To increase survival and transmission, the pathogen Pseudomonas aeruginosa forms biofilms, or adherent clumps of cells encased in a sticky matrix, in response to environmental stresses. One environmental stressor is hypothermia, such as its transfer from the human host to hospital room temperature, where P. aeruginosa is particularly dangerous to frail patients.
Janice Haney Carr, Centers for Disease Control and Prevention, via Wikimedia Commons
Scanning electron micrograph of Pseudomonas aeruginosa.
Mechanistically, the secondary messenger diguanosine 3′,5′-monophosphate, or c-di-GMP, is increased to promote biofilm formation. While P. aeruginosa expresses several enzymes that regulate c-di-GMP levels, how each enzyme responds to distinct environmental signals remains unclear.
Recently He studies Published in Journal of Biological ChemistryYanran Li from the University of Hong Kong and a team of researchers in China used a mutation screening library to identify SiaD, a cyclic diguanylate enzyme that generates c-di-GMP, as responsible for stimulating biofilm formation in P. aeruginosa during low temperatures.

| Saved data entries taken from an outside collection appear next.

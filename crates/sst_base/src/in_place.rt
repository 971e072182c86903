//! Forms written in place: room is made at the end of a vector, the parts of a form are put there
//! one after the other, and what is left of the room is cut off. So short parts are copied by
//! registers, and the vector's length is not read and written for each.
ghost use Rattle.std.specs.Prelude.{◌≡◌, ◌+◌, ◌-◌, ◌≤◌, ◌<◌, ◌++◌, ◌∷◌, [], take, drop};
ghost use Rattle.std.specs.Prelude.{length, IfOk, OnOk};
ghost use Rattle.sst_base.specs.Reading.{length_prefixed};
ghost use Rattle.sst_base.specs.Varint.{varint};

use crate::error::AllocResult;
use crate::slice::{SHORT_LEN, Slice};

/// The room that is made for a form.
pub const FORM_ROOM: usize = 128;

/// The room that a length and a short byte string take at most.
pub const PREFIXED_ROOM: usize = 50;

// How much room beside that of some forms is made at most.
const MOST_ROOM: usize = 1 << 20;

// How many bytes are copied at once.
const CHUNK_LEN: usize = 16;

// The last index from which a chunk of a short byte string can be copied.
const LAST_CHUNK: usize = SHORT_LEN - CHUNK_LEN;

// Makes the vector longer by unspecified bytes: room for some forms, and as many as it has, at
// most a mebibyte, so that this is seldom done.
#[cold]
#[inline(never)]
fn add_room(writer: &mut Vec<u8>) -> AllocResult<()>
    ensures bytes { OnOk result
        (take (length writer.old.items) writer.new.items ≡ writer.old.items) }
    ensures room { OnOk result (length writer.old.items + 128 ≤ length writer.new.items) }
{
    let len = writer.len();
    writer.resize(len + len.min(MOST_ROOM) + 4 * FORM_ROOM, 0)
}

/// Makes room for a form after the first `at` bytes: the bytes after them are unspecified.
///
/// # Errors
///
/// `AllocError` if an allocation fails.
#[inline(always)]
pub fn make_room(writer: &mut Vec<u8>, at: usize) -> AllocResult<()>
    requires { at ≤ length writer.old.items }
    ensures bytes { OnOk result (take at writer.new.items ≡ take at writer.old.items) }
    ensures room { OnOk result (at + 128 ≤ length writer.new.items) }
{
    if writer.len() - at >= FORM_ROOM {
        return Ok(());
    }
    add_room(writer)
}

/// Puts a byte after the first `at` bytes, where there is room. Returns the length with it.
#[inline(always)]
pub fn put_byte(form: &mut [u8], at: usize, byte: u8) -> usize
    requires room { at < length form.old }
    ensures len { result ≡ at + 1 }
    ensures same_room { length form.new ≡ length form.old }
    ensures bytes { take result form.new ≡ take at form.old ++ byte ∷ [] }
{
    form[at] = byte;
    at + 1
}

/// Puts the minimal encoding of a number as a varint after the first `at` bytes, where there is
/// room for ten more. Returns the length with it.
#[inline(always)]
pub fn put_varint(form: &mut [u8], at: usize, n: u64) -> usize
    requires room { at + 10 ≤ length form.old }
    ensures start { at ≤ result }
    ensures len { result ≤ at + 10 }
    ensures same_room { length form.new ≡ length form.old }
    ensures bytes { take result form.new ≡ take at form.old ++ varint n }
{
    let mut rest = n;
    let mut end = at;
    for i in 0..9usize {
        if rest < 128 {
            return put_byte(form, end, rest as u8);
        }
        end = put_byte(form, end, (rest % 128) as u8 + 128);
        rest /= 128;
    }
    put_byte(form, end, rest as u8)
}

// The chunk of a short byte string at an index.
#[inline(always)]
fn chunk_at(bytes: &[u8; SHORT_LEN], from: usize) -> [u8; CHUNK_LEN]
    requires { from + 16 ≤ 40 }
    ensures { result ≡ take 16 (drop from bytes.now) }
{
    let mut chunk = [0u8; CHUNK_LEN];
    chunk.copy_from_slice(&bytes[from..from + CHUNK_LEN]);
    chunk
}

// Copies a chunk of a short byte string over the bytes from an index. It passes through registers,
// so whether the two overlap is not tested.
#[inline(always)]
fn put_chunk(form: &mut [u8], at: usize, bytes: &[u8; SHORT_LEN], from: usize)
    requires room { at + 16 ≤ length form.old }
    requires inside { from + 16 ≤ 40 }
    ensures same_room { length form.new ≡ length form.old }
    ensures bytes { form.new ≡ take at form.old
        ++ (take 16 (drop from bytes.now) ++ drop (at + 16) form.old) }
{
    let chunk = chunk_at(bytes, from);
    form[at..at + CHUNK_LEN].copy_from_slice(&chunk);
}

// Copies the bytes of a short byte string from an index on, in three chunks that may overlap.
#[inline(always)]
fn put_chunks(form: &mut [u8], at: usize, bytes: &[u8; SHORT_LEN], from: usize)
    requires room { at + 40 ≤ length form.old }
    requires inside { from ≤ 24 }
    ensures same_room { length form.new ≡ length form.old }
    ensures bytes { take (at + (40 - from)) form.new ≡ take at form.old ++ drop from bytes.now }
{
    let second = (from + CHUNK_LEN).min(LAST_CHUNK);
    put_chunk(form, at, bytes, from);
    put_chunk(form, at + (second - from), bytes, second);
    put_chunk(form, at + (LAST_CHUNK - from), bytes, LAST_CHUNK);
}

// Puts the bytes `from..len` of a short byte string after the first `at` bytes, where there is room
// for 40 more. Returns the length with them.
#[inline(always)]
fn put_part(form: &mut [u8], at: usize, bytes: &[u8; SHORT_LEN], from: usize, len: usize) -> usize
    requires room { at + 40 ≤ length form.old }
    requires order { from ≤ len }
    requires inside { len ≤ 40 }
    ensures len { result ≡ at + (len - from) }
    ensures same_room { length form.new ≡ length form.old }
    ensures bytes { take result form.new
        ≡ take at form.old ++ take (len - from) (drop from bytes.now) }
{
    let end = at + (len - from);
    if from <= LAST_CHUNK {
        put_chunks(form, at, bytes, from);
    } else {
        form[at..end].copy_from_slice(&bytes[from..len]);
    }
    end
}

// Puts a byte string after the first `at` bytes, where there is room for it. Returns the length
// with it.
#[inline(always)]
fn put_bytes(form: &mut [u8], at: usize, bytes: &[u8]) -> usize
    requires { at + length bytes.now ≤ length form.old }
    ensures len { result ≡ at + length bytes.now }
    ensures same_room { length form.new ≡ length form.old }
    ensures bytes { take result form.new ≡ take at form.old ++ bytes.now }
{
    let end = at + bytes.len();
    form[at..end].copy_from_slice(bytes);
    end
}

// Appends a byte string after the first `at` bytes, and makes room for a form. Returns the length
// with it.
#[cold]
#[inline(never)]
fn append_long(writer: &mut Vec<u8>, at: usize, bytes: &[u8]) -> AllocResult<usize>
    requires { at ≤ length writer.old.items }
    ensures bytes { IfOk result
        (λ end. take end writer.new.items ≡ take at writer.old.items ++ bytes.now) }
    ensures room { IfOk result (λ end. end + 128 ≤ length writer.new.items) }
{
    writer.truncate(at);
    writer.extend_from_slice(bytes)?;
    let end = writer.len();
    add_room(writer)?;
    Ok(end)
}

// Puts the length of a long byte string from an index on after the first `at` bytes, where there
// is room for ten more, and the string, in place where there is room for it and for `more` bytes.
// Returns the length with the string, after which there is room for `more` bytes.
#[inline(always)]
fn put_long(
    writer: &mut Vec<u8>,
    at: usize,
    bytes: &Slice,
    from: usize,
    more: usize,
) -> AllocResult<usize>
    requires room { at + 10 ≤ length writer.old.items }
    requires inside { from ≤ length bytes.now }
    requires few { more ≤ 128 }
    ensures bytes { IfOk result (λ end. take end writer.new.items
        ≡ take at writer.old.items ++ length_prefixed (drop from bytes.now)) }
    ensures room { IfOk result (λ end. end + more ≤ length writer.new.items) }
{
    let (_, rest) = bytes.as_slice().split_at(from);
    let at = put_varint(writer.as_mut_slice(), at, rest.len() as u64);
    if writer.len() - at < rest.len() + more {
        return append_long(writer, at, rest);
    }
    Ok(put_bytes(writer.as_mut_slice(), at, rest))
}

/// Puts the rest of a byte string, from an index on, with its length as a varint before it, after
/// the first `at` bytes, where there is room for 50 and `more` bytes. Returns the length with it,
/// after which there is room for `more` bytes. The rest of a long string may move the vector.
///
/// # Errors
///
/// `AllocError` if an allocation fails.
#[inline(always)]
pub fn put_length_prefixed(
    writer: &mut Vec<u8>,
    at: usize,
    bytes: &Slice,
    from: usize,
    more: usize,
) -> AllocResult<usize>
    requires room { at + 50 + more ≤ length writer.old.items }
    requires inside { from ≤ length bytes.now }
    requires few { more ≤ 128 }
    ensures bytes { IfOk result (λ end. take end writer.new.items
        ≡ take at writer.old.items ++ length_prefixed (drop from bytes.now)) }
    ensures room { IfOk result (λ end. end + more ≤ length writer.new.items) }
{
    match bytes.as_short() {
        Some((short, len)) => {
            let form = writer.as_mut_slice();
            let at = put_varint(form, at, (len - from) as u64);
            Ok(put_part(form, at, short, from, len))
        }
        None => put_long(writer, at, bytes, from, more),
    }
}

Measured using a membrane-sensitive probe, lipidomics and RNA sequencing, the researchers found that when the temperature changed from 37°C to 25°C, the P. aeruginosa membrane became disordered, increasing fluidity and curvature. The SiaABCD signal transduction module senses these membrane disturbances and responds to them by promoting biofilm formation. Specifically, upon low temperature, membrane changes activate SiaABCD through the inner membrane phosphorylation SiaA. SiaA dephosphorylates SiaC, a regulator of c-di-GMP, and synthesizes SiaD. SiaD elevates c-di-GMP levels, leading to matrix-forming polysaccharide production and eventual biofilm formation. The authors suggest that blocking signaling through SiaA could be a potential strategy to prevent P. aeruginosa biofilm formation and transmission.